The paper’s core claim is a method shift from holistic LLM-as-a-judge outputs to fragment-level functional analysis. Evidence includes a technical evaluation and a within-subjects practitioner study (N=10), with the study reporting improved detection of evaluation misalignments. The limitations explicitly note that fragment-level focus may miss overall quality and does not model function priority.

“ We propose functional fragmentation , a method that dissects each output into key fragments and interprets the rhetoric functions that each fragment serves relative to evaluation criteria—surfacing the elements of interest and revealing how they fulfill or hinder user goal”

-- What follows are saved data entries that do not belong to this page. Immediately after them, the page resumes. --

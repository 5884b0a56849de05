//! The cycles of a word.
ghost use Rattle.std.specs.Prelude.{◌≡◌, ◌∷◌, [], Some};
ghost use Rattle.onfi_cycle.specs.declared.item.Kind.TheVariants.{Cmd};
ghost use Rattle.refused_run.specs.Course.{CyclesAre, cycle_on, address_items, poll_items, cycles_of, listed};

use micro_word::Word;
use nand_geometry::Geometry;
use onfi_cycle::{Cycle, Item, Kind, READ_STATUS, READ_STATUS_ENHANCED};
use seq_core::Registers;

/// The cycles of a word: some of five, or one so often.
#[derive(Clone, Copy)]
pub(crate) enum Cycles {
    Few {
        items: [Item; 5],
        from: usize,
        count: usize,
    },
    Many {
        item: Item,
        count: usize,
    },
}

/// A cycle on the one target.
pub(crate) fn cycle_on(kind: Kind, byte: u8) -> Item
    ensures { result ≡ cycle_on kind byte }
{
    Item::Cyc(Cycle { ce: 0, kind, byte })
}

impl Cycles {
    // No cycle.
    fn none() -> Cycles
        ensures { CyclesAre (Some result) (Some []) }
    {
        Cycles::Many {
            item: cycle_on(Kind::Cmd, 0),
            count: 0,
        }
    }

    // A command.
    fn command(byte: u8) -> Cycles
        ensures { CyclesAre (Some result) (Some (cycle_on Cmd byte ∷ [])) }
    {
        Cycles::Many {
            item: cycle_on(Kind::Cmd, byte),
            count: 1,
        }
    }

    // Address bytes that registers give; none where the row isn't there.
    fn address(geometry: &Geometry, registers: Registers, from: u8, count: u8) -> Option<Cycles>
        ensures { CyclesAre result (address_items geometry.now registers from count) }
    {
        if from > 5 || count > 5 - from {
            return None;
        }
        let five = registers.five_bytes(geometry, 0, from + count)?;
        Some(Cycles::Few {
            items: five.map(|byte| cycle_on(Kind::Adr, byte)),
            from: usize::from(from),
            count: usize::from(count),
        })
    }

    // A poll, which brings this status.
    fn poll(geometry: &Geometry, status: u8) -> Option<Cycles>
        ensures { CyclesAre result (poll_items geometry.now status) }
    {
        let output = cycle_on(Kind::Dout, status);
        if geometry.parts().luns <= 1 {
            let command = cycle_on(Kind::Cmd, READ_STATUS);
            return Some(Cycles::Few {
                items: [command, output, output, output, output],
                from: 0,
                count: 2,
            });
        }
        let row = geometry.row_bytes(0, 0, 0)?;
        Some(Cycles::Few {
            items: [
                cycle_on(Kind::Cmd, READ_STATUS_ENHANCED),
                cycle_on(Kind::Adr, row[0]),
                cycle_on(Kind::Adr, row[1]),
                cycle_on(Kind::Adr, row[2]),
                output,
            ],
            from: 0,
            count: 5,
        })
    }

    /// The cycles of a word after those that have set these registers. A poll brings this status; a `get` takes 00, and a `put` gives it. None
    /// where the row of an address isn't there.
    pub(crate) fn of(
        geometry: &Geometry,
        registers: Registers,
        word: Word,
        status: u8,
    ) -> Option<Cycles>
        ensures { CyclesAre result (cycles_of geometry.now registers word status) }
    {
        match word {
            Word::Command { byte } => Some(Cycles::command(byte)),
            Word::Address { from, count } => Cycles::address(geometry, registers, from, count),
            Word::Get { len } => Some(Cycles::Many {
                item: cycle_on(Kind::Dout, 0),
                count: len as usize,
            }),
            Word::Put { len } => Some(Cycles::Many {
                item: cycle_on(Kind::Din, 0),
                count: len as usize,
            }),
            Word::Wait | Word::ReadStatus => Cycles::poll(geometry, status),
            Word::End { .. }
            | Word::Seek { .. }
            | Word::Column { .. }
            | Word::RowAdd { .. }
            | Word::Row { .. }
            | Word::Plane { .. }
            | Word::Yield
            | Word::BranchOnStatus { .. }
            | Word::Loop { .. }
            | Word::Next
            | Word::Jump { .. } => Some(Cycles::none()),
        }
    }
}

actual novelty · Abstract + Introduction (functional fragmentation definition) · confidence 0.78

“ Instead of visualizing entire outputs, we extract fragment-level functions from multiple outputs for each criterion and then visualize the space of functions for each criterion—supporting exploration of fine-grained model behaviors within dimensions of interest”

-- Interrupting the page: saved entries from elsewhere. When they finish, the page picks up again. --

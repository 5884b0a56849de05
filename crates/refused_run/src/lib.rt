//! The run of a refusal: what happens on a channel when a text that the verifier refuses is run all the same, up to the cycle that isn't permitted or the word
//! that may not come.
//!
//! The definitions stand in `specs/`: where a program stands (`Stand`), and what a run may come to and how it ends (`Course`). [`find_run`] searches for one; what it
//! finds is a run, and that it finds none promises nothing.
#![tactic(auto)]

mod bench;
mod choice;
mod course;
mod cycles;
mod loops;
mod options;
mod other_work;
mod plan;
mod search;
mod stand;
mod ways;
mod wrong;

pub use bench::Stop;
pub use choice::{Act, Choice};
pub use course::End;
pub use loops::{LoopTurn, Loops};
pub use other_work::OtherWork;
pub use search::{Found, Run, find_run};
pub use stand::Stand;
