// The plane in which a block lies. Any number of planes may be handed in.
#[tactic(auto, using(crate::proofs::Planes::mod_zero))]
fn plane_of(block: u32, planes: u32) -> u32
    ensures { result ≡ block % planes }
{
    if planes == 0 { block } else { block % planes }
}

/// The page of this plane among these, where a LUN has so many planes.
pub(crate) fn page_in_plane(planes: u32, plane: u32, held: &[OnfiseqHeld]) -> Option<PageAddress>
    ensures { result ≡ page_in_plane planes plane (pages_of held.now) }
{
    match held {
        [] => None,
        [first, rest @ ..] => {
            if plane_of(first.block, planes) == plane {
                Some(page_of(first))
            } else {
                page_in_plane(planes, plane, rest)
            }
        }
    }
}

// The register of a page, or of none.
fn register_of_plane(page: Option<PageAddress>) -> Register
    ensures { result ≡ register_of_plane page }
{
    match page {
        None => Register::Empty,
        Some(page) => Register::Page(page),
    }
}

// It gives the page that it holds in this plane of so many, from this column on.
#[inline(always)]
fn select_plane(kept: &mut OnfiseqLun, plane: u32, planes: u32, column: u32)
    requires { IsRecord kept.old }
    ensures value { lun_of kept.new ≡ view_after (EffectValue.PlaneSelected plane planes column) (lun_of kept.old) }
    ensures numbers { IsRecord kept.new }
{
    let page = page_in_plane(planes, plane, &kept.held[..kept.holds]);
    let register = register_record(register_of_plane(page));
    kept.register = register.code;
    kept.register_block = register.block;
    kept.register_page = register.page;
    set_column(kept, column);
    turn(
        kept,
        Effect::PlaneSelected {
            plane,
            planes,
            column,
        },
    );
}

// It reads its parameter page.
#[inline(always)]
fn read_parameter_page(kept: &mut OnfiseqLun)
    requires { IsRecord kept.old }
    ensures value { lun_of kept.new ≡ view_after EffectValue.ParameterPageReadStarted (lun_of kept.old) }
    ensures numbers { IsRecord kept.new }
{
    give_register(kept, Command::ReadParameterPage, Register::ParameterPage, 0);
    hold_none(kept);
    act_for_target(kept);
    kept.busy = 1;
}

// It gives an identity, and is not busy with it.
#[inline(always)]
fn give_identity(kept: &mut OnfiseqLun, register: Register)
    requires { IsRecord kept.old }
    ensures value { lun_of kept.new ≡ record (lun_of kept.old) { latch = LatchValue.Data; selected = true; overlapped = false; closer = Some CommandValue.ReadId; array_busy = false; register = register; held = []; column = column_at 0 } }
    ensures numbers { IsRecord kept.new }
{
    give_register(kept, Command::ReadId, register, 0);
    hold_none(kept);
    act_for_target(kept);
}

// It reads what stands beside its array, after this closer, and is busy with it.
#[inline(always)]
fn read_beside(kept: &mut OnfiseqLun, closer: Command, register: Register)
    requires { IsRecord kept.old }
    ensures value { lun_of kept.new ≡ record (lun_of kept.old) { latch = LatchValue.Data; selected = true; overlapped = false; busy = true; closer = Some closer; array_busy = false; register = register; held = []; column = column_at 0 } }
    ensures numbers { IsRecord kept.new }
{
    give_register(kept, closer, register, 0);
    hold_none(kept);
    act_for_target(kept);
    kept.busy = 1;
}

departure from common sense · Abstract/Introduction + functional fragmentation framing · confidence 0.72

“ 2016. "Why should i trust you?" Explaining the predictions of any classifier. In Proceedings of the 22nd ACM SIGKDD international conference on knowledge discovery and data mining”

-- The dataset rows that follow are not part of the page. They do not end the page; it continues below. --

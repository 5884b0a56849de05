//! The loops that a program is in.
ghost use Rattle.std.specs.Prelude.{◌≡◌, ◌<◌, ◌^◌};
ghost use Rattle.refused_run.specs.Stand.{entered, left, fewer_turns, next_place, loops_after};

/// A loop that goes on: the place of its first word, and how many turns are left after this one.
#[derive(Clone, Copy, Debug, PartialEq, Eq)]
pub struct LoopTurn {
    pub start: usize,
    pub left: u16,
}

/// The loops that a program is in, four at most, the innermost first.
#[derive(Clone, Copy, Debug, PartialEq, Eq)]
pub struct Loops {
    pub first: Option<LoopTurn>,
    pub second: Option<LoopTurn>,
    pub third: Option<LoopTurn>,
    pub fourth: Option<LoopTurn>,
}

impl Loops {
    /// In no loop.
    pub(crate) const NONE: Loops = Loops {
        first: None,
        second: None,
        third: None,
        fourth: None,
    };

    /// A loop more.
    pub(crate) fn enter(self, turn: LoopTurn) -> Loops
        ensures { result ≡ entered self turn }
    {
        Loops {
            first: Some(turn),
            second: self.first,
            third: self.second,
            fourth: self.third,
        }
    }

    // Without the innermost.
    fn leave(self) -> Loops
        ensures { result ≡ left self }
    {
        Loops {
            first: self.second,
            second: self.third,
            third: self.fourth,
            fourth: None,
        }
    }

    /// The place behind the last word of the innermost loop: its first word where a turn is left.
    pub(crate) fn next_place(self, at: usize) -> usize
        requires { at < 2 ^ 16 }
        ensures { result ≡ next_place at self.first }
    {
        match self.first {
            Some(LoopTurn { start, left }) if left != 0 => start,
            Some(_) | None => at + 1,
        }
    }

    /// The loops behind that word.
    pub(crate) fn after_turn(self) -> Loops
        ensures { result ≡ loops_after self self.first }
    {
        match self.first {
            Some(LoopTurn { start, left }) if left != 0 => Loops {
                first: Some(LoopTurn {
                    start,
                    left: left - 1,
                }),
                ..self
            },
            Some(_) | None => self.leave(),
        }
    }
}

limitation · 8.5 Limitations · confidence 0.86

“ To understand how users analyze models and validate evaluations with Evalet , we conducted a within-subjects study with practitioners (N=10) comparing Evalet against a baseline that only provides holistic scores and justifications, like existing LLM-based evaluation”

validation scope · Technical Evaluation (5) + User Study (6) + datasets/tasks · confidence 0.70

Limits

Method limits

The method may fail to represent overall output quality, and it does not account for the relative importance of fragment-level functions. Its effectiveness also depends on reliably surfacing all key fragments; missed fragments weaken the analysis.

Deployment limits

Evalet is most suitable where outputs can be meaningfully decomposed into criterion-relevant fragments and where practitioners can inspect fragment-level functions. It is less suitable when judgments depend on holistic qualities or when fragment extraction is incomplete.

Boundary conditions

The approach depends on the evaluator surfacing the right fragments and on tasks where fragment-level rhetoric can be mapped to evaluation criteria. If fragments are missing or if overall quality is the main concern, the method’s value drops.

Position in field

This work positions itself as a critique of holistic LLM-as-a-judge evaluation and as a practical alternative for qualitative, fine-grained inspection of model outputs. It contributes a system and method for making judge rationales more inspectable and actionable.

Abstract

Practitioners increasingly rely on Large Language Models (LLMs) to evaluate generative AI outputs through "LLM-as-a-Judge" approaches. However, these methods produce holistic scores that obscure which specific elements influenced the assessments. We propose functional fragmentation, a method that dissects each output into key fragments and interprets the rhetoric functions that each fragment serves relative to evaluation criteria—surfacing the elements of interest and revealing how they fulfill or hinder user goals. We instantiate this approach in Evalet, an interactive system that visualizes fragment-level functions across many outputs to support inspection, rating, and comparison of evaluations. A user study (N=10) found that, while practitioners struggled to validate holistic scores, our approach helped them identify 48% more evaluation misalignments. This helped them calibrate trust in LLM evaluations and rely on them to find more actionable issues in model outputs. Our work shifts LLM evaluation from quantitative scores toward qualitative, fine-grained analysis of model behavior.